MITK is a substantial project and encompasses many different source files by many different developers over quite a considerable timeframe. Many of them have written excellent code which can do a lot of things and is very helpful to people who might apply it in wholly unlooked for ways to completely different problems. To facilitate this sharing and reusing of resources one first and foremost has to know what kind of resources are already available.
Few people write code in the intention for it to be difficult to be used by others, but unfortunately what might seem a very efficient and easily understandable piece of code to the author might be nigh unreadable for someone else. Very often it does not in fact matter whether the code itself is understandable, as long as it one can get the information what a function is supposed to do. While comments in the source file help a lot to gain this knowledge in can get quite tedious go through every file looking for the right tool.
This is where using doxygen pays off by giving a short comment in the header file a reference manual is automatically generated.

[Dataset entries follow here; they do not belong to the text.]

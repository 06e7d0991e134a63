// RESOLVE (tor-spec, "Remote hostname lookup").

ghost use Rattle.std.specs.Prelude.{◌≡◌, ℕ, ◌+◌, ◌^◌, ◌<◌, List, IsTrue, option_map, option_and_then};
ghost use Rattle.tor_spec.specs.RelayCell.{fits_length, relay_body, resolve_command, resolved_command};
ghost use Rattle.tor_spec.specs.Resolve.{resolve_host};
ghost use Rattle.circuit_model.specs.Rules.{resolved_address};
ghost use Rattle.circuit_model.specs.Log.{Log, Message as ModelMessage};
ghost use Rattle.circuit_model.specs.Streams.{resolve_effects, resolved_value};
ghost use Rattle.circuit_model.specs.Words.{effects, log};
ghost use Rattle.circ_relay.specs.BroughtMessages.{IsBrought, after_cell};
ghost use Rattle.circ_relay.specs.CircuitOfLog.{HasParts};
ghost use Rattle.circ_relay.specs.Values.{effects_of, rules_of, address_of};

use crate::circuit::{CellPayload, Circuit};
use crate::effects::Effects;
use crate::forward::TIME_TO_LIVE;
use crate::message::Message;
use crate::rules::Rules;
use relay_cell::{read_resolve, resolved_body, resolved_type};
use tr_io::names::Dest;

impl Circuit {
    pub(crate) fn resolve(&mut self, rules: &Rules, message: &Message<'_>) -> Effects
        requires { self.old.packager.padding.count < 2 ^ 63 }
        ensures effects { (log : Log) (command : ℕ) (body : List ℕ) (m : ModelMessage) →
            IsBrought message.now log command body m → HasParts self.old log →
            effects_of result ≡ resolve_effects (rules_of rules.now) log m }
        ensures parts { (log : Log) (command : ℕ) (body : List ℕ) (m : ModelMessage) → IsBrought message.now log command body m →
            HasParts self.old log → m.command ≡ resolve_command →
            HasParts self.new (after_cell (rules_of rules.now) log command body) }
        ensures packaged { self.new.packager.padding.count ≡ self.old.packager.padding.count + 1 }
        ensures rest { self.new ≡ record self.old { packager = self.new.packager } }
        ensures orderless { result.edge ≡ None }
    {
        let to = resolved(rules, message.payload);
        self.packaging(&answer_body(message.stream, to))
    }
}

// The address of the host that a RESOLVE asks for.
fn resolved(rules: &Rules, payload: &[u8]) -> Option<Dest>
    ensures { option_map address_of result ≡ option_and_then (resolved_address (rules_of rules.now)) (resolve_host payload.now) }
{
    rules.resolved(read_resolve(payload)?)
}

// The RESOLVED with this address, or with a lasting error.
#[tactic(auto, using(tor_spec::proofs::Fitting::body_fits, tor_spec::proofs::Fitting::answer_fits))]
fn answer_body(stream: u16, to: Option<Dest>) -> CellPayload
    ensures body { result ≡ relay_body resolved_command stream (resolved_value (option_map address_of to)) }
    ensures fits { IsTrue (fits_length result) }
{
    match to {
        Some(to) => resolved_body(stream, resolved_type::IPV4, &to.ip, TIME_TO_LIVE),
        None => resolved_body(stream, resolved_type::LASTING_ERROR, &[], TIME_TO_LIVE),
    }
}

While doxygen support several different manners of documentation, the MITK documentation should keep a uniform documentation style:
/** ... */style for documentation. }
In dire emergencies you may consider commenting via the /// style, others must never be used.
An example:
/** \brief Brief description what the commented part does. * * More detailed description. This can be as long as you like, * whereas the brief description should never be more than one sentence. */
See Example Class Documentation for an exemplary documentation of a class.
While the usage of your view/perspective/application might seem obvious and accessible to you, to most people it is not. Writing a good manual is key for this. It is very difficult to write a manual which is too comprehensive, most often if something can be done in a wrong way, somebody will see this as the only one.

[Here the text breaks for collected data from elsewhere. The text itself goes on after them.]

// BEGIN (tor-spec, "Opening streams and transferring data").

ghost use Rattle.std.specs.Prelude.{◌≡◌, ℕ, ◌+◌, ◌<◌, ◌≤◌, List, position, is_some, not, nat_le, slice_index_or, ◌≢◌, ◌==◌, ◌||◌, Some, None, IsTrue, IfSome};
ghost use Rattle.tor_spec.specs.RelayCell.{begin_command};
ghost use Rattle.circuit_model.specs.Rules.{Rules as ModelRules};
ghost use Rattle.circuit_model.specs.Log.{Log, Message as ModelMessage};
ghost use Rattle.circuit_model.specs.Places.{live_place, taken_places};
ghost use Rattle.circuit_model.specs.Streams.{place_limit, begin_effects, reaching};
ghost use Rattle.circuit_model.specs.Words.{effects, log};
ghost use Rattle.stream_edge.specs.Streams.{is_live_as, is_free};
ghost use Rattle.tr_io.specs.declared.names.Dest.{Dest};
ghost use Rattle.circ_relay.specs.BroughtMessages.{IsBrought, after_cell};
ghost use Rattle.circ_relay.specs.EdgeEvents.{stream_of_order};
ghost use Rattle.circ_relay.specs.CircuitOfLog.{HasCalls, HasParts};
ghost use Rattle.circ_relay.specs.PlacesOfLog.{AreNamed, ArePlaces};
ghost use Rattle.circ_relay.specs.Values.{effects_of, rules_of, address_of};

use crate::circuit::Circuit;
use crate::effects::Effects;
use crate::message::Message;
use crate::rules::Rules;
use cell_codec::destroy_reason;
use relay_cell::{read_begin, stream_end};
use stream_edge::PlaceNo;
use tr_io::edges::EdgeOrder;
use tr_io::names::Dest;

impl Circuit {
    // BEGIN is answered by an order to connect, or by END.
    pub(crate) fn begin(&mut self, rules: &Rules, message: &Message<'_>) -> Effects
        requires calls { HasCalls self.old }
        ensures effects { (log : Log) (command : ℕ) (body : List ℕ) (m : ModelMessage) →
            IsBrought message.now log command body m → HasParts self.old log →
            effects_of result ≡ begin_effects (rules_of rules.now) log m }
        ensures parts { (log : Log) (command : ℕ) (body : List ℕ) (m : ModelMessage) → IsBrought message.now log command body m →
            HasParts self.old log → m.command ≡ begin_command → result.close ≡ None →
            HasParts self.new (after_cell (rules_of rules.now) log command body) }
        ensures windows { self.new.windows ≡ self.old.windows }
        ensures places { self.new.places.calls ≤ self.old.places.calls + 1 }
        ensures packaged { self.new.packager.padding.count ≤ self.old.packager.padding.count + 1 }
        ensures early { self.new.early_cells ≡ self.old.early_cells }
        ensures number { self.new.number ≡ self.old.number }
        ensures order { IfSome result.edge (λ order. (stream_of_order order).circ ≡ self.old.number) }
    {
        if !self.may_begin(message.stream) {
            return Effects::closing(destroy_reason::PROTOCOL);
        }
        let Some(begin) = read_begin(message.payload) else {
            return self.ending(message.stream, stream_end::TOR_PROTOCOL);
        };
        if !self.has_place() {
            return self.ending(message.stream, stream_end::RESOURCE_LIMIT);
        }
        match rules.allowed(begin.host, begin.port) {
            Some(to) => self.reach(message, to),
            None => self.ending(message.stream, stream_end::EXIT_POLICY),
        }
    }

    // A BEGIN is for a StreamID that isn't 0 and isn't live.
    fn may_begin(&self, stream: u16) -> bool
        ensures test { (log : Log) → ArePlaces self.now.places log → AreNamed log →
            result ≡ not ((stream == 0) || is_some (live_place log stream)) }
        ensures new { IsTrue result → position (is_live_as stream) self.now.places.streams ≡ None }
    {
        stream != 0 && self.live_place(stream).is_none()
    }

    // Whether fewer than 32 places are taken.
    fn has_place(&self) -> bool
        ensures test { (log : Log) → ArePlaces self.now.places log → AreNamed log →
            result ≡ not (nat_le place_limit (taken_places log)) }
        ensures free { result ≡ is_some (position is_free self.now.places.streams) }
    {
        self.places.has_free()
    }

    // There is a free place.
    fn reach(&mut self, message: &Message<'_>, to: Dest) -> Effects
        requires calls { HasCalls self.old }
        requires new { position (is_live_as message.now.stream) self.old.places.streams ≡ None }
        requires free { IsTrue (is_some (position is_free self.old.places.streams)) }
        ensures effects { (log : Log) → ArePlaces self.old.places log →
            effects_of result ≡ reaching log message.now.stream (Some (address_of to)) }
        ensures parts { (rules : ModelRules) (log : Log) (command : ℕ) (body : List ℕ) (m : ModelMessage) →
            IsBrought message.now log command body m → HasParts self.old log → m.command ≡ begin_command →
            begin_effects rules log m ≡ reaching log m.stream (Some (address_of to)) →
            HasParts self.new (after_cell rules log command body) }
        ensures windows { self.new.windows ≡ self.old.windows }
        ensures places { self.new.places.calls ≤ self.old.places.calls + 1 }
        ensures packager { self.new.packager ≡ self.old.packager }
        ensures early { self.new.early_cells ≡ self.old.early_cells }
        ensures number { self.new.number ≡ self.old.number }
        ensures order { IfSome result.edge (λ order. (stream_of_order order).circ ≡ self.old.number) }
    {
        let Some(place) = self.places.take_place(message.stream) else {
            unreachable!()
        };
        let key = self.key_at(message.stream, place);
        self.keep_address(place, to);
        Effects {
            edge: Some(EdgeOrder::Reach(key, to)),
            ..Effects::none()
        }
    }

    fn keep_address(&mut self, place: PlaceNo, to: Dest)
        requires { place.0 < 32 }
        ensures there { (none : Dest) → slice_index_or self.new.addresses place.0 none ≡ to }
        ensures elsewhere { (other : ℕ) (none : Dest) → other ≢ place.0 →
            slice_index_or self.new.addresses other none ≡ slice_index_or self.old.addresses other none }
        ensures rest { self.new ≡ record self.old { addresses = self.new.addresses } }
    {
        self.addresses[place.0 as usize] = to;
    }
}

For MITK purposes you should put your documentation in BUNDLEPATH/documentation/UserManual/QmitkMyViewName.dox .
Give them a unique name and remember to only use alphanumeric characters and underscores. Identifiers like "org.placeA.x" and "org.placeB.y" look identical to doxygen because it only parses the "org". Use "org_placeA_x" instead.
Regarding images: Doxygen looks for images globally. To avoid confusion, include the plugin name into the image. E.g. "Checkboxes.png" is a bad name while "QmitkIGTTracking_Checkboxes.png" is a good name.
Include images only via the image Macro! This way it is automatically included in the pdf export of the documentation.
// The Macro hast he following form (note the braces!): \imageMacro{imagePath, "Image Description", Image size in cm} // e.g.: \imageMacro{QmitkIGTTracking_Checkboxes.png, "Some beautiful Checkboxes!", 5} // If you must use commas in the description, escape them! \imageMacro{QmitkIGTTracking_Checkboxes.png, "Some beautiful Checkboxes\, you have never seen better ones! ", 5}
Image size is only used for the pdf export, but images won't be displayed at all if it is missing. Maximum is 16.
The nightly generated HTML documentation and the Qt Help System documentation can contain different content using the isHTML command.